Another challenge is that design thinking and agile/lean models tend to go against traditional business process methodologies where many executives may have spent their careers, adds Avis. “Design thinking makes you fundamentally change — almost left brain verse right brain — and it’s harder to keep companies galvanized around that,” he says. The question is how to bring the two together and almost retrain the brain, he explains: “We’re spending time with clients on applied design thinking — that is, bringing in the classic analytical approach and process reengineering and then tying it in with design thinking, so you have a unified process.”

The best person to lead the charge toward boosting internal digital capabilities to support modern thinking is the CEO, he adds. The question, however, is whether the CEO has the appetite to do that and the juice to make it happen. “The research is clear on who is best, but the question is how many CEOs are going to take on that mantle or whether he or she will delegate it down,” he explains. “And, if it is delegated down, who has the autonomy, the levers, to be successful?”
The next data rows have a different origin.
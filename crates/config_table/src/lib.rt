// What the table of a configuration holds: the machines, the regions that each is given, and the
// allocator's region.
//
// Every function takes any words of any length. Of a table as `config::load` writes it the answers are
// those of the configuration; `config::check_table` decides whether words are one.
#![tactic(auto)]

ghost use Rattle.config_table.specs.Holding.{MachinesSays, MachineSays, NumberSays, CountSays, RegionSays, PoolSays, GivenSays, unlisted};
ghost use Rattle.std.specs.Prelude.{◌≡◌};
ghost use Rattle.config_table.specs.declared.Unlisted.{Unlisted};

use address::Region;

// The words are not as many as a table has.
#[derive(Clone, Copy, Debug, PartialEq, Eq)]
pub struct NoTable;

// Why nothing is said of a machine.
#[derive(Clone, Copy, Debug, PartialEq, Eq)]
pub enum Unlisted {
    // There is no such machine.
    NoMachine,
    // The words are not as many as a table has.
    NoTable,
}

// Why a machine's region is not found.
#[derive(Clone, Copy, Debug, PartialEq, Eq)]
pub enum NoRegion {
    // The machine has no such region.
    NoRegion,
    // There is no such machine.
    NoMachine,
    // The words are not as many as a table has.
    NoTable,
}

impl From<NoTable> for Unlisted {
    ghost from_gives = { λ _ e. e ≡ Unlisted.NoTable };

    fn from(_why: NoTable) -> Unlisted {
        Self::NoTable
    }
}

impl From<Unlisted> for NoRegion {
    ghost from_gives = { λ why e. e ≡ unlisted why };

    fn from(why: Unlisted) -> NoRegion {
        match why {
            Unlisted::NoMachine => Self::NoMachine,
            Unlisted::NoTable => Self::NoTable,
        }
    }
}

// How many machines there are.
pub fn machines(table: &[u64]) -> Result<usize, NoTable>
    ensures { MachinesSays table.now result }
{
    if table.len() != 8325 {
        return Err(NoTable);
    }
    Ok((table[8320] as usize).min(64))
}

// The machine that has a number.
pub fn machine(table: &[u64], number: u64) -> Result<usize, Unlisted>
    ensures { MachineSays table.now number result }
{
    let n = machines(table)?;
    for m in 0..n {
        if table[130 * m] % 65536 == number {
            return Ok(m);
        }
    }
    Err(Unlisted::NoMachine)
}

// The number of machine m.
pub fn number(table: &[u64], m: usize) -> Result<usize, Unlisted>
    ensures { NumberSays table.now m result }
{
    let n = machines(table)?;
    if n <= m {
        return Err(Unlisted::NoMachine);
    }
    Ok((table[130 * m] % 65536) as usize)
}

// How many regions machine m has.
pub fn count(table: &[u64], m: usize) -> Result<usize, Unlisted>
    ensures { CountSays table.now m result }
{
    let n = machines(table)?;
    if n <= m {
        return Err(Unlisted::NoMachine);
    }
    Ok((table[130 * m + 1] as usize).min(32))
}

// Region i of machine m.
pub fn region(table: &[u64], m: usize, i: usize) -> Result<Region, NoRegion>
    ensures { RegionSays table.now m i result }
{
    let n = count(table, m)?;
    if n <= i {
        return Err(NoRegion::NoRegion);
    }
    Ok(region_words::get(table, 130 * m + (2 + 4 * i)))
}

// The allocator's region.
pub fn pool(table: &[u64]) -> Result<Region, NoTable>
    ensures { PoolSays table.now result }
{
    if table.len() != 8325 {
        return Err(NoTable);
    }
    Ok(region_words::get(table, 8321))
}

// Which region of machine m is the first that is the same as r in every field, where there is one.
pub fn is_given(table: &[u64], m: usize, r: Region) -> Result<Option<usize>, Unlisted>
    ensures { GivenSays table.now m r result }
{
    let n = count(table, m)?;
    for i in 0..n {
        let found = region_words::get(table, 130 * m + (2 + 4 * i));
        if r == found {
            return Ok(Some(i));
        }
    }
    Ok(None)
}
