//! The vertices of a graph, column by column: the names of all, the first records of all, and the values of each utility
//! field. So who reads one of these reads little else, and a field that is not used takes no memory.
ghost use Rattle.std.specs.Prelude.{◌≡◌, ◌<◌, ◌+◌, ◌^◌, ◌++◌, ◌&&◌, [], ◌∷◌, length, map, slice_get, Some, IfOk, IfSome, OnErr, OnOk};
ghost use Rattle.std.specs.Bool.{OnTrue};
ghost use Rattle.std.specs.List.{list_all};
ghost use Rattle.sgb_graph.specs.Columns.{vertex_seen};
ghost use Rattle.sgb_graph.specs.Sound.{chain_fits};
ghost use Rattle.sgb_graph.specs.inner.Columns.{util_kind};
ghost use Rattle.sgb_graph.specs.inner.Fitting.{vertex_fits_by};
ghost use Rattle.sgb_graph.specs.Growth.{at_place, first_arc, new_vertex, with_first, with_numbers, with_some_numbers};
ghost use Rattle.sgb_graph.specs.Parts.{vertex_with_ints};
ghost use Rattle.sgb_graph.specs.inner.KeptRecords.{kept_number};
ghost use Rattle.sgb_graph.specs.inner.KeptVertices.{columns_fit, field_columns, field_kinds, ints_alone, kinds_of_vertices};
ghost use Rattle.sgb_graph.specs.declared.fields.Kind.TheVariants.{Z, I};

// The utility fields of all vertices.
mod fields;

use crate::fields::{Kind, Vertex, VertexRef};
use crate::kept_numbers::{keep_number, read_number};
use crate::names::Names;
use crate::ranges::chain_fits;
use crate::room::put;
use fields::Fields;
use sgb_vec::Text;
use std::alloc::{AllocError, Global};
use std::marker::Model;

// The vertices of a graph: their names, the first records of their lists of arcs, and their utility fields.
#[derive(Drop)]
pub(crate) struct Vertices {
    names: Vec<Text>,
    firsts: Vec<usize>,
    fields: Fields,
}

impl Model for Vertices {
    ghost use Rattle.sgb_graph.specs.inner.KeptVertices.{AreKept, KeptVertices, kept_vertices};

    ghost Value = { KeptVertices };

    ghost view = { λ g. kept_vertices g.names.items g.firsts.items g.fields };

    ghost invariant = { λ g. AreKept g.names.items g.firsts.items g.fields };
}

impl Vertices {
    // The vertices of these names, with no arcs and no utility fields.
    pub(crate) fn named(alloc: Global, names: Names) -> Result<Vertices, AllocError>
        ensures { IfOk result (λ g. g ≡ record {
          u = Z;
          v = Z;
          w = Z;
          x = Z;
          y = Z;
          z = Z;
          items = map new_vertex names;
        }) }
    {
        let firsts = vec![in alloc; keep_number(None); names.len()]?;
        Ok(Vertices {
            names: names.into_texts(),
            firsts,
            fields: Fields::new(alloc, [Kind::Z; 6]),
        })
    }

    // No vertices, whose utility fields u, v, w, x, y, z are of these kinds. It takes no memory.
    pub(crate) fn new(alloc: Global, kinds: [Kind; 6]) -> Vertices
        ensures kinds { kinds_of_vertices result ≡ kinds }
        ensures items { result.items ≡ [] }
    {
        Vertices {
            names: Vec::new(alloc),
            firsts: Vec::new(alloc),
            fields: Fields::new(alloc, kinds),
        }
    }

    // The number of vertices.
    pub(crate) fn len(&self) -> usize
        ensures count { result ≡ length self.now.items }
        ensures small { result < 2 ^ 63 }
    {
        self.names.len()
    }

    // What the utility fields hold.
    pub(crate) fn kinds(&self) -> [Kind; 6]
        ensures { result ≡ kinds_of_vertices self.now }
    {
        self.fields.kinds()
    }

    // Whether the fields of each vertex fit as many vertices as there are and m records.
    pub(crate) fn fit(&self, m: usize) -> bool
        ensures { result ≡ list_all (vertex_fits_by (length self.now.items) m
            (kinds_of_vertices self.now)) self.now.items }
    {
        all_fit(&self.firsts, &self.fields, m)
    }

    // Puts a vertex, whose utility fields are of the kinds here, after the others.
    pub(crate) fn push(&mut self, vertex: Vertex) -> Result<(), AllocError>
        requires kinds { map util_kind vertex.util ≡ kinds_of_vertices self.old }
        requires arcs { IfSome vertex.arcs (λ k. k + 1 < 2 ^ 64) }
        ensures ok { OnOk result (self.new
            ≡ record self.old { items = self.old.items ++ vertex ∷ [] }) }
        ensures err { OnErr result (self.new ≡ self.old) }
    {
        let Vertex { name, arcs, util } = vertex;
        self.fields.reserve()?;
        self.names.reserve(1)?;
        self.firsts.reserve(1)?;
        self.fields.push(util);
        put(&mut self.names, name);
        put(&mut self.firsts, keep_number(arcs));
        Ok(())
    }

    // Whether they hold integers in x, y, z and nothing in u, v, w.
    #[inline(always)]
    pub(crate) fn hold_ints_alone(&self) -> bool
        ensures { OnTrue result (kinds_of_vertices self.now ≡ ints_alone) }
    {
        self.fields.are_ints_alone()
    }

    // Puts a vertex that holds integers in x, y, z and nothing in u, v, w, as the others do, after them.
    #[inline(always)]
    pub(crate) fn push_ints(
        &mut self,
        name: Text,
        arcs: Option<usize>,
        x: i64,
        y: i64,
        z: i64,
    ) -> Result<(), AllocError>
        requires kinds { kinds_of_vertices self.old ≡ ints_alone }
        requires arcs { IfSome arcs (λ k. k + 1 < 2 ^ 64) }
        ensures ok { OnOk result (self.new ≡ record self.old
            { items = self.old.items ++ vertex_with_ints name arcs x y z ∷ [] }) }
        ensures err { OnErr result (self.new ≡ self.old) }
    {
        self.fields.reserve()?;
        self.names.reserve(1)?;
        self.firsts.reserve(1)?;
        self.fields.push_ints(x, y, z);
        put(&mut self.names, name);
        put(&mut self.firsts, keep_number(arcs));
        Ok(())
    }

    // The name of vertex `v < n`.
    pub(crate) fn name(&self, v: u32) -> &Text
        requires { v < length self.now.items }
        ensures { slice_get (map (λ x. x.name) self.now.items) v ≡ Some result.now }
    {
        &self.names[v as usize]
    }

    // The first record of the list of vertex `v < n`.
    pub(crate) fn first(&self, v: u32) -> Option<usize>
        requires { v < length self.now.items }
        ensures value { result ≡ first_arc self.now.items v }
        ensures small { IfSome result (λ k. k + 1 < 2 ^ 64) }
    {
        read_number(self.firsts[v as usize])
    }

    // Makes this the first record of the list of vertex `v < n`.
    pub(crate) fn set_first(&mut self, v: u32, number: usize)
        requires vertex { v < length self.old.items }
        requires small { number + 1 < 2 ^ 64 }
        ensures { self.new ≡ record self.old
            { items = with_first number v self.old.items } }
    {
        self.firsts[v as usize] = keep_number(Some(number));
    }

    // Vertex `v < n`.
    pub(crate) fn get(&self, v: u32) -> VertexRef<'_>
        requires { v < length self.now.items }
        ensures { slice_get self.now.items v ≡ Some (vertex_seen result) }
    {
        VertexRef {
            name: &self.names[v as usize],
            arcs: read_number(self.firsts[v as usize]),
            util: self.fields.get(v as usize),
        }
    }

    // Puts three integers into the fields x, y, z of vertex `v < n`. These fields then hold integers in every vertex: 0
    // where there was none. It takes memory where they did not.
    pub(crate) fn put_numbers(
        &mut self,
        alloc: Global,
        v: u32,
        x: i64,
        y: i64,
        z: i64,
    ) -> Result<(), AllocError>
        requires { v < length self.old.items }
        ensures ok { OnOk result (self.new ≡ record self.old {
          x = I;
          y = I;
          z = I;
          items = at_place (with_numbers x y z) v (map with_some_numbers self.old.items);
        }) }
        ensures err { OnErr result (self.new ≡ self.old) }
    {
        self.fields.hold_numbers(alloc, self.names.len())?;
        self.fields.set_numbers(v as usize, x, y, z);
        Ok(())
    }
}

// Whether all of these fit as many vertices as there are and m records.
fn all_fit(firsts: &[usize], fields: &Fields, m: usize) -> bool
    ensures { result ≡ (list_all (λ k. chain_fits m (kept_number k)) firsts.now
        && columns_fit (length firsts.now) m (field_kinds fields.now)
        (field_columns (length firsts.now) fields.now)) }
{
    firsts_fit(firsts, m) && fields.fit(firsts.len(), m)
}

// Whether the first record of each list is one of m, or none.
fn firsts_fit(firsts: &[usize], m: usize) -> bool
    ensures { result ≡ list_all (λ k. chain_fits m (kept_number k)) firsts.now }
{
    firsts
        .iter()
        .all(|first| chain_fits(m, read_number(*first)))
}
The New Model of Customer User Experience Excellence

Organizations are at a turning point when it comes to meeting and delivering on customer user expectations. When KPMG looked at key drivers of satisfaction and loyalty, it found CEOs are tuned into the  importance of the customer experience, but that there’s room for improvement: 56% say they can confidently articulate how they create value for customers, and almost half – 48% – say they have a growing responsibility to to represent the best interests of their customers. But 45% said they’re not leveraging digital as a way to connect with their customers.

Avis adds that organizations leading in delivering custom, excellent customer experiences achieve far greater growth than those who do not.  

By leveraging today’s most critical internal digital capabilities, with detailed roadmaps addressing the operational, financial, and talent requirements and impacts for each tool, companies can move beyond the traditional project-creation, channel-siloed operating model.  As a result, they can evolve to the modern thinking and delivery required of today’s fast-paced, competitive business environment.